Problem requirements →
The records below must be transcribed exactly.

Supplied data →
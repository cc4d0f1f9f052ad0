//! The orders of dates.
ghost use Rattle.std.specs.Prelude.{◌≡◌};
ghost use Rattle.std.specs.Ordering.{bool_cmp};
ghost use Rattle.haya_time.specs.DateOrder.{approximate_without, date_csl_cmp, date_partial_cmp};
ghost use Rattle.haya_time.specs.DateOrder.{day_of_month, known_alike_cmp, missing_first_cmp};
ghost use Rattle.haya_time.specs.DateOrder.{season_cmp, tie_cmp};
ghost use Rattle.haya_time.specs.DateOrderLaws.{date_laws};

use super::{Date, Season};
use std::cmp::Ordering;

impl PartialOrd for Date {
    ghost partial_cmp = { date_partial_cmp };

    ghost laws = { date_laws };

    /// By year, month and day. A date that tells less has no answer beside one that tells more; two
    /// that tell as much tie by `approximate`, where exact dates stand first, and then by the rest.
    fn partial_cmp(&self, other: &Date) -> Option<Ordering> {
        let by_year = self.year.cmp(&other.year);
        if by_year.is_ne() {
            return Some(by_year);
        }
        let by_month = cmp_known_alike(self.month, other.month)?;
        if by_month.is_ne() {
            return Some(by_month);
        }
        let by_day = cmp_known_alike(self.day_of_month(), other.day_of_month())?;
        if by_day.is_ne() {
            return Some(by_day);
        }
        Some(self.cmp_tied(other))
    }
}

impl Date {
    /// The order of citation styles (CSL): by year, month and day, where a missing month or day
    /// stands first. Two that are missing go by `approximate`, exact dates first.
    pub fn csl_cmp(&self, other: &Date) -> Ordering
        ensures { result ≡ date_csl_cmp self.now other.now }
    {
        self.year
            .cmp(&other.year)
            .then(self.month.cmp(&other.month))
            .then(
                self.approximate_without(self.month)
                    .cmp(&other.approximate_without(other.month)),
            )
            .then(self.day.cmp(&other.day))
            .then(
                self.approximate_without(self.day)
                    .cmp(&other.approximate_without(other.day)),
            )
    }

    // The day, where the month is known.
    fn day_of_month(&self) -> Option<u8>
        ensures { result ≡ day_of_month self.now }
    {
        if self.month.is_some() { self.day } else { None }
    }

    // The order of two dates that tell the same day, month or year.
    fn cmp_tied(&self, other: &Date) -> Ordering
        ensures { result ≡ tie_cmp self.now other.now }
    {
        self.approximate
            .cmp(&other.approximate)
            .then(self.day.cmp(&other.day))
            .then(cmp_seasons(self.season, other.season))
    }

    // Whether the date is approximate, where this part of it is missing.
    fn approximate_without(&self, part: Option<u8>) -> bool
        ensures { result ≡ approximate_without part self.now }
    {
        part.is_none() && self.approximate
    }
}

// Compares two numbers where both or neither are there.
fn cmp_known_alike(a: Option<u8>, b: Option<u8>) -> Option<Ordering>
    ensures { result ≡ known_alike_cmp a b }
{
    match (a, b) {
        (None, None) => Some(Ordering::Equal),
        (Some(a), Some(b)) => Some(a.cmp(&b)),
        _ => None,
    }
}

// Compares seasons, where a missing one stands first.
fn cmp_seasons(a: Option<Season>, b: Option<Season>) -> Ordering
    ensures { result ≡ season_cmp a b }
{
    a.cmp(&b)
}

Result for this exercise →
repository cc4d0f1f9f052ad0
//! The orders of dates.
ghost use Rattle.std.specs.Prelude.{◌≡◌};
ghost use Rattle.std.specs.Ordering.{bool_cmp};
ghost use Rattle.haya_time.specs.DateOrder.{approximate_without, date_csl_cmp, date_partial_cmp};
ghost use Rattle.haya_time.specs.DateOrder.{day_of_month, known_alike_cmp, missing_first_cmp};
ghost use Rattle.haya_time.specs.DateOrder.{season_cmp, tie_cmp};
ghost use Rattle.haya_time.specs.DateOrderLaws.{date_laws};

use super::{Date, Season};
use std::cmp::Ordering;

impl PartialOrd for Date {
    ghost partial_cmp = { date_partial_cmp };

    ghost laws = { date_laws };

    /// By year, month and day. A date that tells less has no answer beside one that tells more; two
    /// that tell as much tie by `approximate`, where exact dates stand first, and then by the rest.
    fn partial_cmp(&self, other: &Date) -> Option<Ordering> {
        let by_year = self.year.cmp(&other.year);
        if by_year.is_ne() {
            return Some(by_year);
        }
        let by_month = cmp_known_alike(self.month, other.month)?;
        if by_month.is_ne() {
            return Some(by_month);
        }
        let by_day = cmp_known_alike(self.day_of_month(), other.day_of_month())?;
        if by_day.is_ne() {
            return Some(by_day);
        }
        Some(self.cmp_tied(other))
    }
}

impl Date {
    /// The order of citation styles (CSL): by year, month and day, where a missing month or day
    /// stands first. Two that are missing go by `approximate`, exact dates first.
    pub fn csl_cmp(&self, other: &Date) -> Ordering
        ensures { result ≡ date_csl_cmp self.now other.now }
    {
        self.year
            .cmp(&other.year)
            .then(self.month.cmp(&other.month))
            .then(
                self.approximate_without(self.month)
                    .cmp(&other.approximate_without(other.month)),
            )
            .then(self.day.cmp(&other.day))
            .then(
                self.approximate_without(self.day)
                    .cmp(&other.approximate_without(other.day)),
            )
    }

    // The day, where the month is known.
    fn day_of_month(&self) -> Option<u8>
        ensures { result ≡ day_of_month self.now }
    {
        if self.month.is_some() { self.day } else { None }
    }

    // The order of two dates that tell the same day, month or year.
    fn cmp_tied(&self, other: &Date) -> Ordering
        ensures { result ≡ tie_cmp self.now other.now }
    {
        self.approximate
            .cmp(&other.approximate)
            .then(self.day.cmp(&other.day))
            .then(cmp_seasons(self.season, other.season))
    }

    // Whether the date is approximate, where this part of it is missing.
    fn approximate_without(&self, part: Option<u8>) -> bool
        ensures { result ≡ approximate_without part self.now }
    {
        part.is_none() && self.approximate
    }
}

// Compares two numbers where both or neither are there.
fn cmp_known_alike(a: Option<u8>, b: Option<u8>) -> Option<Ordering>
    ensures { result ≡ known_alike_cmp a b }
{
    match (a, b) {
        (None, None) => Some(Ordering::Equal),
        (Some(a), Some(b)) => Some(a.cmp(&b)),
        _ => None,
    }
}

// Compares seasons, where a missing one stands first.
fn cmp_seasons(a: Option<Season>, b: Option<Season>) -> Ordering
    ensures { result ≡ season_cmp a b }
{
    a.cmp(&b)
}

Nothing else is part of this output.